Depuis que la Banque nationale suisse (BNS) a sonné le retournement des taux d'intérêt, le marché hypothécaire suisse est en pleine effervescence. L'abandon des taux d'intérêt négatifs a rebattu les cartes dans le secteur des intermédiaires hypothécaires.
Ainsi, le portail en ligne Hyposcout ou l'ancienne filiale de Postfinance Valuu ne sont plus présents sur le marché des clients privés. Et le leader du marché, Moneypark, a été repris par l'assureur Helvetia, qui a restructuré l'entreprise.
Le secteur est donc en ébullition. Markus Gygax, président de Valiant, l'a exprimé sans détours: «Les intermédiaires hypothécaires ont en grande partie disparu», a-t-il déclaré il y a quelques jours lors d'une manifestation pour investisseurs.
Andreas Dietrich nuance un peu plus ses propos. Mais le professeur de la Haute école de Lucerne (HSLU) confirme toutefois que la dynamique du secteur s'est perdue après l'essor des taux d'intérêt négatifs, estime.
Les assureurs, les caisses de pension et l'UBS font preuve de retenue
La fluctuation des taux d'intérêt a entraîné un désamour des assureurs et des caisses de pension pour les activités hypothécaires. Pourtant, à l'ère des taux d'intérêt négatifs, le financement d'hypothèques constituait encore, pour ces établissements, une alternative bienvenue aux obligations et aux dépôts à terme, sources de pertes.
Mais les opérations hypothécaires comportent également certains risques, explique Adrian Wenger, expert en hypothèques chez VZ Vermögenszentrum. «Il faut encaisser les intérêts, mais aussi gérer les augmentations et les résiliations d'hypothèques ou engager des poursuites contre les mauvais payeurs.»
Même l'UBS ferait actuellement preuve de retenue sur le marché des hypothèques. La grande banque irait même parfois jusqu'à ne pas conclure de nouveaux contrats avec des clients existants, observe par exemple Adrian Wenger.
Une recherche plus exigente
Ces dernières années, l'UBS a déjà fait preuve d'une certaine retenue sur le marché hypothécaire et a constamment cédé des parts de marché. Il n'est donc pas étonnant que la grande banque se montre réticente une fois de plus, qui plus est en ce moment, avec l'assainissement du portefeuille du CS, précise Andreas Dietrich.

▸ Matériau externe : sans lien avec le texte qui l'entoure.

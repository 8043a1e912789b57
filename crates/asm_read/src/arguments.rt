// The arguments of a statement, by their tokens.
ghost use Rattle.std.specs.Prelude.{◌≡◌, IfOk, map, ◌≤◌, ◌<◌};
ghost use Rattle.std.specs.Option.{option_map};
ghost use Rattle.std.specs.List.{slice_split};
ghost use Rattle.asm_item.specs.Args.{shown_operand, shown, registers};
ghost use Rattle.asm_read.specs.Arguments as spec;
ghost use Rattle.asm_read.specs.Lex as lex;

use crate::numerals::numeral;
use crate::token::{Sign, Token};
use asm_item::{Arg, Number, Operand, Size, is_name, register_name};
use std::alloc::{AllocError, Global};

/// How many registers of this size have a name.
fn registers(size: Size) -> u8
    ensures { result ≡ registers size }
{
    match size {
        Size::Full | Size::Short => 8,
        Size::Byte => 4,
    }
}

/// The register of this size and name.
#[tactic(auto, using(crate::proofs::Registers::number_step), unfolding(crate::specs::Arguments::register_number))]
fn register_number(size: Size, w: &[u8]) -> Option<u8>
    ensures { result ≡ spec.register_number size w.now }
{
    let mut r = registers(size);
    while r > 0 {
        r -= 1;
        if w == register_name(size, r) {
            return Some(r);
        }
    }
    None
}

/// The register of this name.
fn register_named<'a>(w: &[u8]) -> Option<Operand<'a>>
    ensures { option_map shown_operand result ≡ spec.register_named w.now }
{
    if let Some(r) = register_number(Size::Full, w) {
        return Some(Operand::Register(Size::Full, r));
    }
    if let Some(r) = register_number(Size::Short, w) {
        return Some(Operand::Register(Size::Short, r));
    }
    let r = register_number(Size::Byte, w)?;
    Some(Operand::Register(Size::Byte, r))
}

/// A number with this sign.
fn sized(minus: bool, w: &[u8]) -> Option<Number>
    ensures { result ≡ spec.sized minus w.now }
{
    let size = numeral(w)?;
    Some(Number { minus, size })
}

/// A number, with `-` before it or not.
fn number_at(tokens: &[Token<'_>]) -> Option<Number>
    ensures { result ≡ spec.number_at (lex.all_shown tokens.now) }
{
    match tokens {
        [Token::Word(w)] => sized(false, w),
        [Token::Mark(Sign::Minus), Token::Word(w)] => sized(true, w),
        _ => None,
    }
}

/// A number and `(%reg)` behind it.
fn based<'a>(n: Option<Number>, tokens: &[Token<'a>]) -> Option<Operand<'a>>
    ensures { option_map shown_operand result ≡ spec.based n (lex.all_shown tokens.now) }
{
    let n = n?;
    match tokens {
        [
            Token::Mark(Sign::Percent),
            Token::Word(w),
            Token::Mark(Sign::Close),
        ] => {
            let r = register_number(Size::Full, w)?;
            Some(Operand::Base(n, r))
        }
        _ => None,
    }
}

/// A name or a number alone.
fn single<'a>(w: &'a [u8]) -> Option<Operand<'a>>
    ensures { option_map shown_operand result ≡ spec.single w.now }
{
    if is_name(w) {
        return Some(Operand::Name(w));
    }
    let n = sized(false, w)?;
    Some(Operand::Number(n))
}

/// A name and a number that is added to it.
fn plus<'a>(k: &'a [u8], tokens: &[Token<'a>]) -> Option<Operand<'a>>
    ensures { option_map shown_operand result ≡ spec.plus_at k.now (lex.all_shown tokens.now) }
{
    if !is_name(k) {
        return None;
    }
    let n = number_at(tokens)?;
    Some(Operand::Plus(k, n))
}

/// A name and a number that is taken off it.
fn minus<'a>(k: &'a [u8], tokens: &[Token<'a>]) -> Option<Operand<'a>>
    ensures { option_map shown_operand result ≡ spec.minus_at k.now (lex.all_shown tokens.now) }
{
    if !is_name(k) {
        return None;
    }
    let n = number_at(tokens)?;
    Some(Operand::Minus(k, n))
}

/// What begins with a word.
fn word_operand<'a>(w: &'a [u8], rest: &[Token<'a>]) -> Option<Operand<'a>>
    ensures { option_map shown_operand result ≡ spec.word_operand w.now (lex.all_shown rest.now) }
{
    match rest {
        [] => single(w),
        [Token::Mark(Sign::Plus), after @ ..] => plus(w, after),
        [Token::Mark(Sign::Minus), after @ ..] => minus(w, after),
        [Token::Mark(Sign::Open), after @ ..] => based(sized(false, w), after),
        _ => None,
    }
}

/// What begins with `-` and a word.
fn minus_operand<'a>(w: &[u8], rest: &[Token<'a>]) -> Option<Operand<'a>>
    ensures { option_map shown_operand result ≡ spec.minus_operand w.now (lex.all_shown rest.now) }
{
    match rest {
        [] => {
            let n = sized(true, w)?;
            Some(Operand::Number(n))
        }
        [Token::Mark(Sign::Open), after @ ..] => based(sized(true, w), after),
        _ => None,
    }
}

/// What may stand alone or behind `*`.
fn operand_at<'a>(tokens: &[Token<'a>]) -> Option<Operand<'a>>
    ensures { option_map shown_operand result ≡ spec.operand_at (lex.all_shown tokens.now) }
{
    match tokens {
        [Token::Word(w), rest @ ..] => word_operand(w, rest),
        [Token::Mark(Sign::Percent), Token::Word(w)] => register_named(w),
        [Token::Mark(Sign::Minus), Token::Word(w), rest @ ..] => minus_operand(w, rest),
        [Token::Mark(Sign::Open), rest @ ..] => based(
            Some(Number {
                minus: false,
                size: 0,
            }),
            rest,
        ),
        _ => None,
    }
}

/// Behind `$`.
fn immediate_at<'a>(tokens: &[Token<'a>]) -> Option<Arg<'a>>
    ensures { option_map shown result ≡ spec.immediate_at (lex.all_shown tokens.now) }
{
    if let [Token::Word(w)] = tokens
        && is_name(w)
    {
        return Some(Arg::ImmName(w));
    }
    let n = number_at(tokens)?;
    Some(Arg::Imm(n))
}

fn plain_at<'a>(tokens: &[Token<'a>]) -> Option<Arg<'a>>
    ensures { option_map shown result ≡ spec.plain_at (lex.all_shown tokens.now) }
{
    let o = operand_at(tokens)?;
    Some(Arg::Plain(o))
}

fn star_at<'a>(tokens: &[Token<'a>]) -> Option<Arg<'a>>
    ensures { option_map shown result ≡ spec.star_at (lex.all_shown tokens.now) }
{
    let o = operand_at(tokens)?;
    Some(Arg::Star(o))
}

/// A word alone, where `.` is the present place.
fn word_at<'a>(w: &[u8], tokens: &[Token<'a>]) -> Option<Arg<'a>>
    ensures { option_map shown result ≡ spec.word_at w.now (lex.all_shown tokens.now) }
{
    if w == b".".as_slice() {
        return Some(Arg::Here);
    }
    plain_at(tokens)
}

/// What begins with a mark, where `rest` stands behind the mark.
fn mark_at<'a>(s: Sign, tokens: &[Token<'a>], rest: &[Token<'a>]) -> Option<Arg<'a>>
    ensures { option_map shown result ≡ spec.mark_at s (lex.all_shown tokens.now) (lex.all_shown rest.now) }
{
    match s {
        Sign::Dollar => immediate_at(rest),
        Sign::Star => star_at(rest),
        _ => plain_at(tokens),
    }
}

/// What begins with a word, where `rest` stands behind the word.
fn word_first<'a>(w: &[u8], tokens: &[Token<'a>], rest: &[Token<'a>]) -> Option<Arg<'a>>
    ensures { option_map shown result ≡ spec.word_first w.now (lex.all_shown tokens.now) (lex.all_shown rest.now) }
{
    if rest.is_empty() {
        return word_at(w, tokens);
    }
    plain_at(tokens)
}

/// A text alone.
fn text_first<'a>(q: &'a [u8], rest: &[Token<'a>]) -> Option<Arg<'a>>
    ensures { option_map shown result ≡ spec.text_first q.now (lex.all_shown rest.now) }
{
    if rest.is_empty() {
        return Some(Arg::Text(q));
    }
    None
}

/// One argument.
fn argument_at<'a>(tokens: &[Token<'a>]) -> Option<Arg<'a>>
    ensures { option_map shown result ≡ spec.argument_at (lex.all_shown tokens.now) }
{
    match tokens {
        [] => None,
        [Token::Mark(s), rest @ ..] => mark_at(*s, tokens, rest),
        [Token::Word(w), rest @ ..] => word_first(w, tokens, rest),
        [Token::Text(q), rest @ ..] => text_first(q, rest),
        [Token::Bad, ..] => None,
    }
}

fn is_comma(t: &Token<'_>) -> bool
    ensures { result ≡ spec.is_comma (lex.shown t.now) }
{
    matches!(t, Token::Mark(Sign::Comma))
}

/// The parts between commas.
fn between_commas<'b, 'a>(
    alloc: Global,
    tokens: &'b [Token<'a>],
) -> Result<Vec<&'b [Token<'a>]>, AllocError>
    ensures { IfOk result (λ v. map (λ x. lex.all_shown x.now) v.items ≡ slice_split spec.is_comma (lex.all_shown tokens.now)) }
{
    tokens.split(|t| is_comma(t)).collect(alloc)
}

/// Arguments with commas between them, or none. None where a part is no argument.
pub fn arguments_at<'a>(
    alloc: Global,
    tokens: &[Token<'a>],
) -> Result<Option<Vec<Arg<'a>>>, AllocError>
    ensures { IfOk result (λ o. option_map (λ v. map shown v.items) o ≡ spec.arguments_at (lex.all_shown tokens.now)) }
{
    let mut out = Vec::new(alloc);
    if tokens.is_empty() {
        return Ok(Some(out));
    }
    for part in &between_commas(alloc, tokens)? {
        match argument_at(part) {
            Some(a) => out.push(a)?,
            None => return Ok(None),
        }
    }
    Ok(Some(out))
}
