//! Assembly text read as items.
//!
//! A line is tokens; between semicolons stand labels and a statement; a statement is a word and its
//! arguments, with a row for each word; and a group from `.def` to `.endef` is one item. [`read`] answers
//! the items of a text, or the line at which it leaves the grammar.
#![tactic(auto)]

ghost use Rattle.std.specs.Prelude.{◌≡◌, ◌<◌, ℕ, length, true, IfOk};
ghost use Rattle.asm_item.specs.Normal.{are_normal};
ghost use Rattle.asm_read.specs.Reading as spec;
ghost use Rattle.asm_read.specs.Grammar.{IsText, Leaves, stmts};

mod arguments;
mod keywords;
mod laws;
mod numerals;
mod reader;
mod stmt_list;
mod stmts;
mod table;
mod token;

use asm_item::Items;
pub use laws::{
    grammar_is_read, lines_are_few, lines_have_tokens, only_normal_items, others_leave,
    read_undoes_print,
};
use reader::Reader;
use std::alloc::{AllocError, AllocFailed, Global};
use stmt_list::text_stmts;
use thiserror::Error;

/// Why a text is not read.
#[derive(Debug, Drop, Error)]
pub enum AsmErr {
    /// The text leaves the grammar at this line, counted from 1.
    #[error("line {0} is not assembly text")]
    NotAsm(u32),
    /// No memory was left.
    #[error("out of memory")]
    Memory,
}

impl From<AllocError> for AsmErr {
    ghost use Rattle.asm_read.specs.declared.AsmErr.{AsmErr};
    ghost use Rattle.std.specs.Prelude.{◌≡◌};

    ghost from_gives = { λ _ e. e ≡ AsmErr.Memory };

    fn from(_: AllocError) -> AsmErr {
        AsmErr::Memory
    }
}

impl<T: Drop> From<AllocFailed<T>> for AsmErr {
    ghost use Rattle.asm_read.specs.declared.AsmErr.{AsmErr};
    ghost use Rattle.std.specs.Prelude.{◌≡◌};

    ghost from_gives = { λ _ e. e ≡ AsmErr.Memory };

    fn from(_: AllocFailed<T>) -> AsmErr {
        AsmErr::Memory
    }
}

// Takes statement after statement.
fn read_stmts(alloc: Global, text: &[u8]) -> Result<Items, AsmErr>
    requires countable { length (spec.lines_of text.now) < 4294967295 }
    ensures items { IfOk result (λ items. spec.reading text.now ≡ Ok items) }
    ensures line { (n : ℕ) → result ≡ Err (AsmErr.NotAsm n) → spec.reading text.now ≡ Err n }
{
    let mut queue = text_stmts(alloc, text)?;
    let mut reader = Reader::new(alloc);
    while let Some(at) = queue.pop_front() {
        reader.take(at)?;
    }
    Ok(Items::from(reader.finish()?))
}

/// The items of a text, which are normal.
///
/// The text has fewer than 4294967295 lines. After [`AsmErr::NotAsm`] the line is that of the first label
/// or statement that can't stand there after those before it, and where there is none, that of the `.def`
/// that isn't closed.
pub fn read(alloc: Global, text: &[u8]) -> Result<Items, AsmErr>
    requires countable { length (spec.lines_of text.now) < 4294967295 }
    ensures items { IfOk result (λ items. spec.reading text.now ≡ Ok items) }
    ensures grammar { IfOk result (λ items. IsText (stmts (spec.text_stmts text.now)) items) }
    ensures normal { IfOk result (λ items. are_normal items ≡ true) }
    ensures line { (n : ℕ) → result ≡ Err (AsmErr.NotAsm n) → spec.reading text.now ≡ Err n }
    ensures leaves { (n : ℕ) → result ≡ Err (AsmErr.NotAsm n) → Leaves (spec.text_stmts text.now) n }
{
    read_stmts(alloc, text)
}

L'UBS considère d'ailleurs l'activité hypothécaire comme un «métier d'ancrage avec une priorité élevée inchangée». Les hypothèques sont un élément central du «conseil clientèle», car lors des renouvellements à venir, on évalue si les critères de financement sont remplis sur une base individuelle. L'environnement actuel des taux et du marché joue également un rôle.
Pour les clients, les temps ont donc bien changé: s'il y a quelques années le démarchage de dix établissements financiers suffisait pour la recherche d'un crédit hypothécaire, la situation est différente aujourd'hui, explique l'expert de VZ Wenger: «Entre-temps, les clients ne reçoivent souvent même plus de réponse.»
La recherche d'une crédit est devenue plus exigeante, en particulier pour les clients qui peuvent difficilement s'offrir un bien immobilier ou qui doivent utiliser les fonds de leur caisse de pension, observe Andreas Dietrich.
Certains crédits moins bien garantis devront être couverts par davantage de fonds propres
La réglementation devrait également jouer un rôle important: le secteur bancaire local devra appliquer «définitivement» les règles de Bâle III au début de l'année 2025. Celles-ci entraîneront des pondérations de risque plus élevées pour les mauvais débiteurs, et plus faibles pour les bons débiteurs pour l'octroi d'un crédit.
Cela signifie que les crédits moins bien garantis devront être couverts par davantage de fonds propres qu'auparavant. Parallèlement, l'autorité de surveillance des marchés financiers, la Finma, sera plus vigilante lors de l'octroi de crédits, selon Andreas Dietrich.
Ainsi, bien que le niveau des taux d'intérêt baisse encore en Suisse, «on peut également observer qu'une partie de la baisse des taux directeurs est compensée par des augmentations de marge des banques.»